David Webber of ieDigital says: “The fact that students are taking on further debts such as credit cards, overdrafts and even payday loans to repay the money they already owe, is worrying. Debt can have a devastating effect on people, impacting everything from exam results to relationships with partners, family and friends. Banks need to be doing more to assist students in managing their finances responsibly to help them get through university without having to resort to more forms of borrowing.
“As younger generations look for digital solutions to keep on top of their spending and debt repayment levels, banks need to adapt and provide students with the digital tools to improve their relationship with money. This will help them keep on top of outgoings and monthly budgets. Greater visibility around spending habits will make people more aware of their bank balance, making it harder for them to go into debt unnecessarily.”
Shelly Asquith, National Union of Students vice president (welfare), said: “Students are being mounted with colossal levels of debt that are increasing year on year. The NUS is concerned about the impact this has on the likelihood of working class students applying to university. We also believe that increased poverty and debt is a major factor in the sharp increase of students experiencing mental ill health.
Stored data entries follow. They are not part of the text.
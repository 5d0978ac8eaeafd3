//! What is told beside the reports of a run: what became of the turns in which each entry was tried, and the inputs that were not performed.

ghost use Rattle.std.specs.Prelude.{◌≡◌, ◌≤◌, ◌+◌, ◌++◌, ℕ, OnOk, count_by, drop, length, map, take};
ghost use Rattle.std.specs.List.{flat_map};
ghost use Rattle.std.specs.String.{string_bytes};
ghost use Rattle.ioa_value.specs.Actions.{act_of};
ghost use Rattle.ioa_compile.specs.Shown.{entry_code, member_code};
ghost use Rattle.ioa_run.specs.Proposers.{local_entries};
ghost use Rattle.ioa_run.specs.Tallies.{own_names, performed_named, tally_of};
ghost use Rattle.ioa_serving.specs.RunReports as spec;
ghost use Rattle.ioa_serving.specs.Traces.{new_in, performed};
ghost use Rattle.ioa_system.specs.Logs.{log_entry};

use crate::run::Ran;
use ioa_compile::Member;
use ioa_run::{Report, Tally, Tries};
use ioa_system::{LogEnd, LogEntry};
use ioa_value::{Action, OutOfMemory, Types, push_action};
use std::fmt::Write;

/// Puts a line for each own entry of each component behind the text, in their order.
pub(crate) fn put_tallies(text: &mut String, ran: &Ran) -> Result<(), OutOfMemory>
    requires { performed ran.now.log.end ≤ length ran.now.log.entries.items }
    ensures { OnOk result (string_bytes text.new ≡ string_bytes text.old
        ++ spec.tallies_text (new_in ran.now) 0 (map (λ m. m.name) ran.now.program.members) (map own_names ran.now.program.members) (map tally_of ran.now.tallies.items)) }
{
    let new = new_entries(ran);
    put_members(text, ran.program.members(), &ran.tallies, new)
}

/// What the run performed, behind what was done before it.
fn new_entries(ran: &Ran) -> &[LogEntry]
    requires { performed ran.now.log.end ≤ length ran.now.log.entries.items }
    ensures { map log_entry result.now ≡ new_in ran.now }
{
    let count = match ran.log.end {
        LogEnd::Done(count) => count,
        LogEnd::Fault(_, _, index) => index,
    };
    let before = ran.before.min(count);
    &ran.log.entries[before..count]
}

/// The lines of these components, of which each has a tally.
fn put_members(
    text: &mut String,
    members: &[Member],
    tallies: &[Tally],
    new: &[LogEntry],
) -> Result<(), OutOfMemory>
    ensures { OnOk result (string_bytes text.new ≡ string_bytes text.old
        ++ spec.tallies_text (map log_entry new.now) 0 (map (λ m. m.name) (map member_code members.now)) (map own_names (map member_code members.now)) (map tally_of tallies.now)) }
{
    for who in 0..members.len() {
        if who < tallies.len() {
            put_member(text, &members[who], who, &tallies[who].entries, new)?;
        }
    }
    Ok(())
}

/// Those of the component of this number, whose own entries have been tried so.
fn put_member(
    text: &mut String,
    member: &Member,
    who: usize,
    tries: &[Tries],
    new: &[LogEntry],
) -> Result<(), OutOfMemory>
    ensures { OnOk result (string_bytes text.new ≡ string_bytes text.old
        ++ spec.entry_lines (map log_entry new.now) who (member_code member.now).name (own_names (member_code member.now)) tries.now) }
{
    let mut rest = tries;
    for entry in &member.entries {
        if !entry.kind.is_local() {
            continue;
        }
        let Some((first, others)) = rest.split_first() else {
            continue;
        };
        let name = entry.name.as_str();
        let performed = count_named(new, who, name);
        put_entry(text, member.name.as_str(), name, *first, performed)?;
        rest = others;
    }
    Ok(())
}

/// How many of these entries are actions of this worker with this name.
fn count_named(entries: &[LogEntry], who: usize, name: &str) -> usize
    ensures { result ≡ performed_named (map log_entry entries.now) who name.now }
{
    let mut count = 0;
    for entry in entries {
        if entry.who == who && entry.action.name.as_str() == name {
            count += 1;
        }
    }
    count
}

/// The line of an entry of this name.
fn put_entry(
    text: &mut String,
    component: &str,
    entry: &str,
    tries: Tries,
    performed: usize,
) -> Result<(), OutOfMemory>
    ensures { OnOk result (string_bytes text.new ≡ string_bytes text.old ++ spec.entry_line component.now entry.now tries performed) }
{
    write!(text, "{component}: {entry}: ")?;
    put_tries(text, tries, performed)?;
    put_performed(text, tries, performed)
}

/// How often it was tried, and how often nothing was proposed.
fn put_tries(text: &mut String, tries: Tries, performed: usize) -> Result<(), OutOfMemory>
    ensures { OnOk result (string_bytes text.new ≡ string_bytes text.old ++ spec.tries_text tries performed) }
{
    let Tries {
        no_proposal,
        proposal_faulted,
        not_enabled: _,
        stale: _,
    } = tries;
    let tried = tried_in(tries, performed);
    write!(
        text,
        "{tried} tried, {no_proposal} nothing proposed, {proposal_faulted} proposal faulted, "
    )?;
    Ok(())
}

/// How often what was proposed was not performed, and how often it was.
fn put_performed(text: &mut String, tries: Tries, performed: usize) -> Result<(), OutOfMemory>
    ensures { OnOk result (string_bytes text.new ≡ string_bytes text.old ++ spec.performed_text tries performed) }
{
    let Tries {
        no_proposal: _,
        proposal_faulted: _,
        not_enabled,
        stale,
    } = tries;
    writeln!(
        text,
        "{not_enabled} not enabled, {stale} stale, {performed} performed"
    )?;
    Ok(())
}

/// How often an entry was tried of which these came.
fn tried_in(tries: Tries, performed: usize) -> u128
    ensures { result ≡ spec.tried_in tries performed }
{
    u128::from(tries.no_proposal)
        + u128::from(tries.proposal_faulted)
        + u128::from(tries.not_enabled)
        + u128::from(tries.stale)
        + performed as u128
}

/// Puts a line for each input of the script that the environment did not perform behind the text.
pub(crate) fn put_left(text: &mut String, ran: &Ran) -> Result<(), OutOfMemory>
    ensures { OnOk result (string_bytes text.new ≡ string_bytes text.old
        ++ spec.left_text ran.now.program.types (spec.inputs_left (length (map (λ m. m.name) ran.now.program.members)) ran.now.reports.items (map act_of ran.now.script.items))) }
{
    let environment = ran.program.members().len();
    let left = inputs_left(&ran.reports, environment, &ran.script);
    put_inputs(text, ran.program.types(), left)
}

/// The inputs that the report of this number, the environment's, does not count as performed.
fn inputs_left<'a>(reports: &[Report], environment: usize, script: &'a [Action]) -> &'a [Action]
    ensures { map act_of result.now ≡ spec.inputs_left environment reports.now (map act_of script.now) }
{
    match reports.get(environment) {
        Some(report) => &script[report.committed.min(script.len())..],
        None => script,
    }
}

fn put_inputs(text: &mut String, types: &Types, inputs: &[Action]) -> Result<(), OutOfMemory>
    ensures { OnOk result (string_bytes text.new ≡ string_bytes text.old ++ spec.left_text types.now (map act_of inputs.now)) }
{
    for input in inputs {
        put_input(text, types, input)?;
    }
    Ok(())
}

fn put_input(text: &mut String, types: &Types, input: &Action) -> Result<(), OutOfMemory>
    ensures { OnOk result (string_bytes text.new ≡ string_bytes text.old ++ spec.left_line types.now (act_of input.now)) }
{
    text.push_str("environment: ")?;
    push_action(types, text, input)?;
    text.push_str(" was not performed\n")?;
    Ok(())
}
“NUS research also shows that almost 60% of graduates still have existing debts left over from their degree, most commonly bank overdrafts, credit cards and loans from friends and family.”
Fionnuala Allen, a second-year nutrition student at Manchester Metropolitan University, says that although she loves university, she is regularly stressed by her finances: “I receive the maintenance loan and work around 30 hours a month, but most of my money goes to rent, food and utilities. My maintenance loan runs out really quickly and my job is a zero-hours contract, so I can only work when there are shifts available. I regularly go into my student overdraft to get by, and in the past I’ve had to borrow money from my dad. Before Christmas, I had to ask my estate agent if they were OK with me paying my rent a month late. My housemates and I were also on a diet of rice and peas for a week, because it’s cheap and you can buy it in bulk.
“People assume students spend their money on nights out, but I regularly have to choose to not go out, just so I can buy food. I’ve also had to miss classes and delay assignments when shifts become available, and I have to take them when I can. It’s really stressful having to constantly think about money when I should be focusing on my studies. Having to worry about this kind of thing really takes its toll sometimes.”
Miss Allen adds that extra information and tools about managing money would really help: “We weren’t taught how to manage our finances at school, and instead of my bank sending me information about how to manage my money, I’m sent credit card application forms. I’d much prefer to be able to better manage my money using proper budgeting tools.”